**Input material**:
..............................

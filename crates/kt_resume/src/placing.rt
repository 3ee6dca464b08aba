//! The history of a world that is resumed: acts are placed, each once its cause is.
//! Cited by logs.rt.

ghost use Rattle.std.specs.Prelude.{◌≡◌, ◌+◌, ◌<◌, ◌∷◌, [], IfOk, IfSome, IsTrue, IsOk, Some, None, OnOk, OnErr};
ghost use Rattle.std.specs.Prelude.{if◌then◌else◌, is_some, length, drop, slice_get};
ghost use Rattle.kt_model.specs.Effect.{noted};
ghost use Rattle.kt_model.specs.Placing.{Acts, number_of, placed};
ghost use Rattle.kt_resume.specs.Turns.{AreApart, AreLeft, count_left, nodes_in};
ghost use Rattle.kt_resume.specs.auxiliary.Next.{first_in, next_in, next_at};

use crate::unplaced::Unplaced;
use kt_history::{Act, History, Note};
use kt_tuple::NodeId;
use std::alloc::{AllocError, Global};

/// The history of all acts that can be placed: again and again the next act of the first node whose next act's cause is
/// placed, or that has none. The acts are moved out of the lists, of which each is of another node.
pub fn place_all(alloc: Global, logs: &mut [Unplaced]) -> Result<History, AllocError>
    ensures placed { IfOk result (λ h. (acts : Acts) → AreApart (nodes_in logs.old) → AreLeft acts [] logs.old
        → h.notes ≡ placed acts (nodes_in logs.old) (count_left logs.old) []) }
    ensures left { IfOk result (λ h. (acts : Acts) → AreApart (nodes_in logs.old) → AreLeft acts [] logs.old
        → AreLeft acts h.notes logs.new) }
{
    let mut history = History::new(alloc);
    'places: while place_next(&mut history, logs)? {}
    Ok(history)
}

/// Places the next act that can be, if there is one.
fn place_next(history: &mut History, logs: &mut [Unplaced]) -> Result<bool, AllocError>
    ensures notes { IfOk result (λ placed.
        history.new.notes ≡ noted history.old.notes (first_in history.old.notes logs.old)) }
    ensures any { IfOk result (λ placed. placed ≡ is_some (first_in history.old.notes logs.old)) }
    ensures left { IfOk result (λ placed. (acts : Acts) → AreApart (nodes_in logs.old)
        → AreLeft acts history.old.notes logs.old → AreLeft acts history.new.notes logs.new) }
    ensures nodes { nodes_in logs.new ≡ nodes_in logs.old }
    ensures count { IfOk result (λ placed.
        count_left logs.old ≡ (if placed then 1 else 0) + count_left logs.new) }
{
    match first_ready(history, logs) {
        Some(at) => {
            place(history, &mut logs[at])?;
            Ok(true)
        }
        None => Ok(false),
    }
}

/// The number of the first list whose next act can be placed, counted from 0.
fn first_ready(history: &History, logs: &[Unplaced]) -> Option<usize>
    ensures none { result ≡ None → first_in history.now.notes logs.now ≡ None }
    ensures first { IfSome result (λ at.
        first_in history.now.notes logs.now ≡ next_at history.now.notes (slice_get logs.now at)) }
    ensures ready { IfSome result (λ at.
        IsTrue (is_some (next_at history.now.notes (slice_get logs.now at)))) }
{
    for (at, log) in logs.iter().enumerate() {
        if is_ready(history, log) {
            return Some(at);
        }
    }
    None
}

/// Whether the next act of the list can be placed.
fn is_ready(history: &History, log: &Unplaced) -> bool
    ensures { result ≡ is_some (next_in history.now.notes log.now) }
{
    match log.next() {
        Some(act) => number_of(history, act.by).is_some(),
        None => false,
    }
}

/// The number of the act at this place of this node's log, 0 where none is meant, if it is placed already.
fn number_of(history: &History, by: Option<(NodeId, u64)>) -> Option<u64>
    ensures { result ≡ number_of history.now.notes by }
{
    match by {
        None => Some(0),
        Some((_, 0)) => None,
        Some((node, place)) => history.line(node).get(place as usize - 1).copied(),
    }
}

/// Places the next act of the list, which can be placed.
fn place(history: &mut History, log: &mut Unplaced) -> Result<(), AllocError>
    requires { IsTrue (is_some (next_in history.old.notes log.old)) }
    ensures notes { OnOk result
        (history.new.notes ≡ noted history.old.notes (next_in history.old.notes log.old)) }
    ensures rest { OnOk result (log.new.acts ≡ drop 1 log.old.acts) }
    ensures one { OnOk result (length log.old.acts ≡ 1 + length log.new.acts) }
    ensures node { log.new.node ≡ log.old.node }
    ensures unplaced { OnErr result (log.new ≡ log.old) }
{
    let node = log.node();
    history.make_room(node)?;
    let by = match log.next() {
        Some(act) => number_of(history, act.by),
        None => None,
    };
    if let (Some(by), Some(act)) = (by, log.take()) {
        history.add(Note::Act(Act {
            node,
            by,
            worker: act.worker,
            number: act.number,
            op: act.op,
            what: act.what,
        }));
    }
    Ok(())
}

..............................

Return every line from the material that contains the word "match".

    match first_ready(history, logs) {
    match log.next() {
    match by {
    let by = match log.next() {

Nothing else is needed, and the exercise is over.